RAW DATA —
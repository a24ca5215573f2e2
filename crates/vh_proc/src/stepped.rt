use vh_base::Sequence;
use vh_design::Made;
use vh_proc_turn::Next;

/// What a label changed, forced or released, in order, which contracts see as a list.
pub type MadeList = Sequence<Made>;

/// What a label of a process came to.
#[derive(Drop)]
pub struct Stepped {
    pub made: MadeList,
    pub next: Next,
}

TASK REQUIREMENTS —
What is needed is an exact copy of all the entries.

WRITTEN RESPONSE —
repository a24ca5215573f2e2
filename crates/vh_proc/src/stepped.rt
use vh_base::Sequence;
use vh_design::Made;
use vh_proc_turn::Next;

/// What a label changed, forced or released, in order, which contracts see as a list.
pub type MadeList = Sequence<Made>;

/// What a label of a process came to.
#[derive(Drop)]
pub struct Stepped {
    pub made: MadeList,
    pub next: Next,
}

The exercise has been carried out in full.